[Start of Attachment]

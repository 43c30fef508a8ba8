//! What a field of a key says that isn't a list.
ghost use Rattle.std.specs.Prelude.{◌≡◌, [], Some};
ghost use Rattle.std.specs.Result.{result_ok};
ghost use Rattle.kx_key_fields.specs.AttributeFields.{field_faults, field_given, given_any, mods_faults, mods_in, named_faults, name_in, named_given, range_faults, range_in, term_text, text_faults, text_of, type_faults, type_given};
ghost use Rattle.kx_merge.specs.Faults.{value_faults};
ghost use Rattle.kx_key_fields.specs.declared.words.RangeField.TheVariants as words;
ghost use Rattle.kx_merge.specs.Reports.{Reports};

use crate::given::{Given, KeptName};
use crate::key_range::KeyRange;
use crate::masks::virtual_mask;
use crate::truths::read_flag;
use crate::words::{AttributeField, RangeField, field_named};
use kx_key_lists::read_group;
use kx_lex::{Fault, Name};
use kx_merge::{bad_value, expression_of, unknown_field};
use kx_parse::{Expression, Field, Term};
use kx_virtual_mods::{ModNames, NameSet};

fn term_text(term: &Term) -> Option<KeptName>
    ensures { result ≡ term_text term.now }
{
    match term {
        Term::Text(text) => Some(KeptName::of(text.bytes.as_slice())),
        Term::Number(_) => None,
        Term::Signed(_) => None,
        Term::Word(_) => None,
        Term::KeyName(_) => None,
    }
}

/// The name that an expression of one text is.
fn text_of(expression: &Expression) -> Option<KeptName>
    ensures { result ≡ text_of expression.now }
{
    match expression.rest.as_slice() {
        [] => term_text(&expression.first),
        _ => None,
    }
}

fn expression_text(file: u32, expression: &Expression) -> Result<KeptName, Fault>
    ensures value { result_ok result ≡ text_of expression.now }
    ensures faults { Reports result (text_faults file expression.now) }
{
    match text_of(expression) {
        Some(text) => Ok(text),
        None => Err(bad_value(file, expression.span)),
    }
}

/// The name of a type that a field is set to.
fn read_text(file: u32, field: &Field) -> Result<KeptName, Fault>
    ensures value { result_ok result ≡ name_in field.now.setting }
    ensures faults { Reports result
        (value_faults file (text_faults file) field.now.span field.now.setting) }
{
    let expression = expression_of(file, field.span, &field.setting)?;
    expression_text(file, expression)
}

/// The type that a field gives the key, or with an index a group.
fn read_type(file: u32, field: &Field) -> Result<Given, Fault>
    ensures value { result_ok result ≡ type_given field.now.place.index field.now.setting }
    ensures faults { Reports result (type_faults file field.now) }
{
    match &field.place.index {
        None => Ok(Given::KeyType(read_text(file, field)?)),
        Some(index) => {
            let group = read_group(file, &index.get().value)?;
            Ok(Given::GroupType(group, read_text(file, field)?))
        }
    }
}

fn read_mods(names: &ModNames, file: u32, field: &Field) -> Result<NameSet, Fault>
    ensures value { result_ok result ≡ mods_in names.now.names field.now.setting }
    ensures faults { Reports result (mods_faults file names.now.names field.now) }
{
    let expression = expression_of(file, field.span, &field.setting)?;
    virtual_mask(names, file, expression)
}

fn read_redirect(file: u32, field: &Field) -> Result<KeyRange, Fault>
    ensures value { result_ok result ≡ range_in words.Redirect field.now.setting }
    ensures faults { Reports result (range_faults file words.Redirect field.now) }
{
    let expression = expression_of(file, field.span, &field.setting)?;
    let group = read_group(file, expression)?;
    Ok(KeyRange::redirect(group))
}

fn read_range(file: u32, which: RangeField, field: &Field) -> Result<KeyRange, Fault>
    ensures value { result_ok result ≡ range_in which field.now.setting }
    ensures faults { Reports result (range_faults file which field.now) }
{
    match which {
        RangeField::Wrap => Ok(KeyRange::wrap_if(read_flag(file, field)?)),
        RangeField::Clamp => Ok(KeyRange::clamp_if(read_flag(file, field)?)),
        RangeField::Redirect => read_redirect(file, field),
    }
}

/// What a field of a kind gives; nothing where it is read and not used.
fn read_field(
    names: &ModNames,
    file: u32,
    word: &Name,
    kind: AttributeField,
    field: &Field,
) -> Result<Option<Given>, Fault>
    ensures value { given_any (result_ok result)
        ≡ field_given names.now.names (Some kind) field.now.place.index field.now.setting }
    ensures faults { Reports result
        (field_faults file names.now.names word.now field.now (Some kind)) }
{
    let indexed = field.place.index.is_some();
    match kind {
        AttributeField::Unused => Ok(None),
        AttributeField::KeyType => Ok(Some(read_type(file, field)?)),
        AttributeField::VirtualMods => {
            if indexed {
                return Err(unknown_field(file, word));
            }
            Ok(Some(Given::VirtualMods(read_mods(names, file, field)?)))
        }
        AttributeField::Range(which) => {
            if indexed {
                return Err(unknown_field(file, word));
            }
            Ok(Some(Given::Range(read_range(file, which, field)?)))
        }
    }
}

/// What a field gives whose word is this one: its own, or the one after the point of a default.
pub(crate) fn read_named(
    names: &ModNames,
    file: u32,
    word: &Name,
    field: &Field,
) -> Result<Option<Given>, Fault>
    ensures value { given_any (result_ok result) ≡ named_given names.now.names word.now field.now }
    ensures faults { Reports result (named_faults file names.now.names word.now field.now) }
{
    match field_named(word.bytes.as_slice()) {
        Some(kind) => read_field(names, file, word, kind, field),
        None => Err(unknown_field(file, word)),
    }
}
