//! Masks of virtual modifiers.
ghost use Rattle.std.specs.Prelude.{◌≡◌, Some, fold, is_some};
ghost use Rattle.std.specs.List.{flat_map};
ghost use Rattle.std.specs.Result.{result_ok};
ghost use Rattle.kx_virtual_mods.specs.Masks.{joined, real_mask};
ghost use Rattle.kx_key_fields.specs.VirtualMasks.{term_virtual, virtual_mask, virtual_mask_faults, virtual_operation_faults, virtual_term_faults, virtual_word_faults, with_term, word_virtual};
ghost use Rattle.kx_merge.specs.Reports.{Reports};

use kx_lex::{At, Fault, Name};
use kx_parse::{Expression, Operation, Sign, Term};
use kx_virtual_mods::{ModNames, NameSet, real_mask};

fn is_real(word: &[u8]) -> bool
    ensures { result ≡ is_some (real_mask word.now) }
{
    real_mask(word).is_some()
}

/// The set of a virtual modifier's name.
fn word_set(names: &ModNames, file: u32, word: &Name) -> Result<NameSet, Fault>
    ensures value { result_ok result ≡ word_virtual names.now.names word.now.bytes }
    ensures faults { Reports result (virtual_word_faults names.now.names file word.now) }
{
    let bytes = word.bytes.as_slice();
    let at = At {
        file,
        span: word.span,
    };
    if is_real(bytes) {
        return Err(Fault::BadValue(at));
    }
    match names.number_of(bytes) {
        Some(number) => Ok(NameSet::of_virtual(number)),
        None => Err(Fault::UnknownModifier(at)),
    }
}

fn term_set(names: &ModNames, file: u32, term: &Term) -> Result<NameSet, Fault>
    ensures value { result_ok result ≡ term_virtual names.now.names term.now }
    ensures faults { Reports result (virtual_term_faults names.now.names file term.now) }
{
    let span = match term {
        Term::Word(word) => return word_set(names, file, word),
        Term::Number(number) => number.span,
        Term::Signed(signed) => signed.span,
        Term::Text(text) => text.span,
        Term::KeyName(name) => name.span(),
    };
    Err(Fault::BadValue(At { file, span }))
}

fn joined(sign: Sign, set: NameSet, other: NameSet) -> NameSet
    ensures { result ≡ joined sign set other }
{
    match sign {
        Sign::Plus => set.with(other),
        Sign::Minus => set.minus(other),
    }
}

/// The modifiers that terms leave after others.
fn operations_set(
    names: &ModNames,
    file: u32,
    before: NameSet,
    operations: &[Operation],
) -> Result<NameSet, Fault>
    ensures value { result_ok result
        ≡ fold (with_term names.now.names) (Some before) operations.now }
    ensures faults { Reports result
        (flat_map (virtual_operation_faults names.now.names file) operations.now) }
{
    let mut set = before;
    'operations: for operation in operations {
        let other = term_set(names, file, &operation.term)?;
        set = joined(operation.sign, set, other);
    }
    Ok(set)
}

/// The virtual modifiers that a mask of these alone names.
pub(crate) fn virtual_mask(
    names: &ModNames,
    file: u32,
    expression: &Expression,
) -> Result<NameSet, Fault>
    ensures value { result_ok result ≡ virtual_mask names.now.names expression.now }
    ensures faults { Reports result (virtual_mask_faults names.now.names file expression.now) }
{
    let first = term_set(names, file, &expression.first)?;
    operations_set(names, file, first, expression.rest.as_slice())
}
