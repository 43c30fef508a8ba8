//! What a field gives.
ghost use Rattle.std.specs.Prelude.{◌≡◌, ◌≤◌, length, take};

use crate::key_range::KeyRange;
use kx_basics::MOST_NAME_BYTES;
use kx_virtual_mods::NameSet;
use std::marker::Model;

/// So many bytes of a type's name are kept: one more than a type's name may have, so that no type has a longer name.
pub(crate) const MOST_KEPT_BYTES: usize = MOST_NAME_BYTES + 1;

/// A type's name as far as it is kept; seen as its bytes.
#[derive(Drop)]
pub(crate) struct KeptName {
    len: u16,
    /// The first `len` are the name; those after them mean nothing.
    bytes: [u8; MOST_KEPT_BYTES],
}

impl Model for KeptName {
    ghost use Rattle.std.specs.Prelude.{ℕ, List, take};

    ghost Value = { List ℕ };

    ghost view = { λ name. take name.len name.bytes };
}

fn front_of(bytes: &[u8], len: usize) -> &[u8]
    ensures { result.now ≡ take len bytes.now }
{
    bytes.get(..len).unwrap_or(bytes)
}

impl KeptName {
    ghost use Rattle.std.specs.Prelude.{◌≡◌, ◌≤◌, length};
    ghost use Rattle.kx_key_fields.specs.declared.given.TheConstants.{MOST_KEPT_BYTES};
    ghost use Rattle.kx_key_fields.specs.Attributes.{kept_name};

    fn whole(name: &[u8]) -> KeptName
        requires { length name.now ≤ MOST_KEPT_BYTES }
        ensures { result ≡ name.now }
    {
        let mut bytes = [0; MOST_KEPT_BYTES];
        bytes[..name.len()].copy_from_slice(name);
        KeptName {
            len: name.len() as u16,
            bytes,
        }
    }

    /// What is kept of a name.
    pub(crate) fn of(name: &[u8]) -> KeptName
        ensures { result ≡ kept_name name.now }
    {
        KeptName::whole(front_of(name, MOST_KEPT_BYTES))
    }

    /// The bytes in order.
    pub(crate) fn as_slice(&self) -> &[u8]
        ensures { result.now ≡ self.now }
    {
        front_of(&self.bytes, usize::from(self.len))
    }
}

/// What one field, or one default, gives a key.
#[derive(Drop)]
pub(crate) enum Given {
    /// A group, counted from 0, the type of this name.
    GroupType(u8, KeptName),
    /// The key the type of this name.
    KeyType(KeptName),
    VirtualMods(NameSet),
    Range(KeyRange),
}
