//! What a key statement says besides its lists.
ghost use Rattle.std.specs.Prelude.{◌≡◌, IfOk, OnOk};
ghost use Rattle.std.specs.Result.{result_ok};
ghost use Rattle.kx_key_fields.specs.KeyFields.{effective, key_field_faults, key_given, own_faults, own_given, setting_faults};
ghost use Rattle.kx_key_fields.specs.Attributes.{attribute_in, with_given};
ghost use Rattle.kx_key_fields.specs.AttributeFields.{given_any};
ghost use Rattle.kx_merge.specs.Reports.{Reports, ReportsOrRunsOut};

use crate::attributes::KeyAttributes;
use crate::cells::AttributeCell;
use crate::defaults::KeyDefaults;
use crate::given::Given;
use crate::reading::read_named;
use crate::words::is_list_word;
use kx_lex::Fault;
use kx_merge::unknown_field;
use kx_parse::{Field, KeyField};
use kx_virtual_mods::ModNames;
use std::alloc::Global;

/// What a field inside a key gives; nothing where it gives a list.
fn read_own(names: &ModNames, file: u32, field: &Field) -> Result<Option<Given>, Fault>
    ensures value { given_any (result_ok result) ≡ own_given names.now.names field.now }
    ensures faults { Reports result (own_faults file names.now.names field.now) }
{
    let word = &field.place.word;
    if field.place.member.is_some() {
        return Err(unknown_field(file, word));
    }
    if is_list_word(word.bytes.as_slice()) {
        return Ok(None);
    }
    read_named(names, file, word, field)
}

/// Adds what a field of a key gives; a list gives nothing.
fn take_field(
    alloc: Global,
    names: &ModNames,
    file: u32,
    field: &KeyField,
    settings: &mut KeyAttributes,
) -> Result<(), Fault>
    ensures taken { OnOk result (settings.new
        ≡ with_given settings.old (key_given names.now.names field.now)) }
    ensures faults { ReportsOrRunsOut result (key_field_faults file names.now.names field.now) }
{
    match field {
        KeyField::Field(field) => {
            let given = read_own(names, file, field.get())?;
            settings.put(alloc, &given)?;
            Ok(())
        }
        KeyField::List(_) => Ok(()),
    }
}

/// What the fields of a key statement of a file say besides its lists, under the defaults before it in its section. Of a
/// field that is written twice the last counts, and of one that isn't written the default. Lists, and the fields
/// `symbols` and `actions`, are passed over.
///
/// # Errors
/// `UnknownField` at the word of a field that keys don't have, before a point, and at one with an index where none is
/// taken; `BadValue` at a value of the wrong kind, at a field that needs a value and has none, in `vmods` at a term that is
/// no word or a name of real modifiers, and at an index that is no group; `GroupRange` at a group outside of 1 to 32;
/// `UnknownModifier` in `vmods` at a word that isn't declared; `Memory`.
pub fn read_settings(
    alloc: Global,
    names: &ModNames,
    file: u32,
    fields: &[KeyField],
    defaults: &KeyDefaults,
) -> Result<KeyAttributes, Fault>
    ensures cells { IfOk result (λ settings. (cell : AttributeCell)
        → attribute_in settings cell ≡ effective names.now.names defaults.now fields.now cell) }
    ensures faults { ReportsOrRunsOut result (setting_faults file names.now.names fields.now) }
{
    let mut settings = defaults.settings(alloc)?;
    'fields: for field in fields {
        take_field(alloc, names, file, field, &mut settings)?;
    }
    Ok(settings)
}
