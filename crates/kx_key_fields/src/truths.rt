//! Truth values.
ghost use Rattle.std.specs.Prelude.{◌≡◌};
ghost use Rattle.std.specs.Result.{result_ok};
ghost use Rattle.kx_key_fields.specs.AttributeFields.{flag_faults, truth_faults, truth_in};
ghost use Rattle.kx_merge.specs.Words.{meaning_among, truth_words};
ghost use Rattle.kx_merge.specs.Reports.{Reports};

use kx_lex::Fault;
use kx_merge::{bad_value, expression_of, lone_word, truth_named};
use kx_parse::{Expression, Field, Setting};

fn truth_of(file: u32, value: &Expression) -> Result<bool, Fault>
    ensures value { result_ok result ≡ meaning_among truth_words value.now }
    ensures faults { Reports result (truth_faults file value.now) }
{
    let word = lone_word(value).ok_or(bad_value(file, value.span))?;
    truth_named(word.bytes.as_slice()).ok_or(bad_value(file, value.span))
}

/// The truth value that a field is set to: without a value it is true, with `!` false.
pub(crate) fn read_flag(file: u32, field: &Field) -> Result<bool, Fault>
    ensures value { result_ok result ≡ truth_in field.now.setting }
    ensures faults { Reports result (flag_faults file field.now.span field.now.setting) }
{
    match &field.setting {
        Setting::Off => Ok(false),
        Setting::On => Ok(true),
        Setting::To(_) => truth_of(file, expression_of(file, field.span, &field.setting)?),
    }
}
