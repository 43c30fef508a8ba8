//! Defaults for keys.
ghost use Rattle.std.specs.Prelude.{◌≡◌, IfOk};
ghost use Rattle.std.specs.Result.{result_ok};
ghost use Rattle.kx_key_fields.specs.KeyFields.{default_faults, default_given};
ghost use Rattle.kx_key_fields.specs.AttributeFields.{given_any};
ghost use Rattle.kx_merge.specs.Reports.{Reports, ReportsOrRunsOut};

use crate::attributes::KeyAttributes;
use crate::cells::AttributeCell;
use crate::given::Given;
use crate::reading::read_named;
use crate::words::is_key_word;
use kx_lex::Fault;
use kx_merge::unknown_field;
use kx_parse::Field;
use kx_virtual_mods::ModNames;
use std::alloc::{AllocError, Global};
use std::marker::Model;

/// What a field of a section gives keys as a default.
fn read_default(names: &ModNames, file: u32, field: &Field) -> Result<Option<Given>, Fault>
    ensures value { given_any (result_ok result) ≡ default_given names.now.names field.now }
    ensures faults { Reports result (default_faults file names.now.names field.now) }
{
    let word = &field.place.word;
    if !is_key_word(word.bytes.as_slice()) {
        return Err(unknown_field(file, word));
    }
    match &field.place.member {
        Some(member) => read_named(names, file, member.get(), field),
        None => Err(unknown_field(file, word)),
    }
}

/// What the default statements of a section give keys besides lists.
#[derive(Drop)]
pub struct KeyDefaults {
    settings: KeyAttributes,
}

impl Model for KeyDefaults {
    ghost use Rattle.kx_key_fields.specs.Attributes.{Settings};

    ghost Value = { Settings };

    ghost view = { λ d. d.settings };
}

impl KeyDefaults {
    ghost use Rattle.std.specs.Prelude.{◌≡◌, List, IfOk};
    ghost use Rattle.kx_tree.specs.declared.tree.Field.{Field as FieldValue};
    ghost use Rattle.kx_key_fields.specs.KeyFields.{cell_default, default_faults, defaults_after, next_defaults};
    ghost use Rattle.kx_key_fields.specs.Attributes.{no_settings, attribute_in};
    ghost use Rattle.kx_merge.specs.Last.{last_given};
    ghost use Rattle.kx_merge.specs.Reports.{ReportsOrRunsOut};

    /// No defaults: those at the start of a section.
    pub fn none(alloc: Global) -> KeyDefaults
        ensures { result ≡ no_settings }
    {
        KeyDefaults {
            settings: KeyAttributes::none(alloc),
        }
    }

    /// What a key is given where its statement says nothing.
    pub(crate) fn settings(&self, alloc: Global) -> Result<KeyAttributes, AllocError>
        ensures { IfOk result (λ settings. settings ≡ self.now) }
    {
        self.settings.try_clone(alloc)
    }

    /// The defaults after one more statement of the section, a field as `key.type = "TWO_LEVEL";`: after statements each
    /// cell has what the last of those gives that give it anything.
    ///
    /// # Errors
    /// `UnknownField` at the word before the point where it isn't `key`, or where there is no point; at the word after it
    /// where it is no field of keys, `symbols` or `actions`, or where it has an index and takes none; else the faults of the
    /// value, as [`read_settings`](crate::read_settings) has them; `Memory`.
    pub fn after(
        self,
        alloc: Global,
        names: &ModNames,
        file: u32,
        field: &Field,
    ) -> Result<KeyDefaults, Fault>
        ensures value { IfOk result (λ d. d ≡ next_defaults names.now.names self field.now) }
        ensures last { (statements : List FieldValue) (cell : AttributeCell)
            → attribute_in (defaults_after names.now.names statements) cell
            ≡ last_given (cell_default names.now.names cell) None statements }
        ensures faults { ReportsOrRunsOut result (default_faults file names.now.names field.now) }
    {
        let given = read_default(names, file, field)?;
        let mut settings = self.settings;
        settings.put(alloc, &given)?;
        Ok(KeyDefaults { settings })
    }
}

[End of Attachment]

◆ AIM OF THE EXERCISE ◆
State how many lines of the listing hold the string "effective"; reply with the number and nothing else.

◆ RESPONSE ◆
2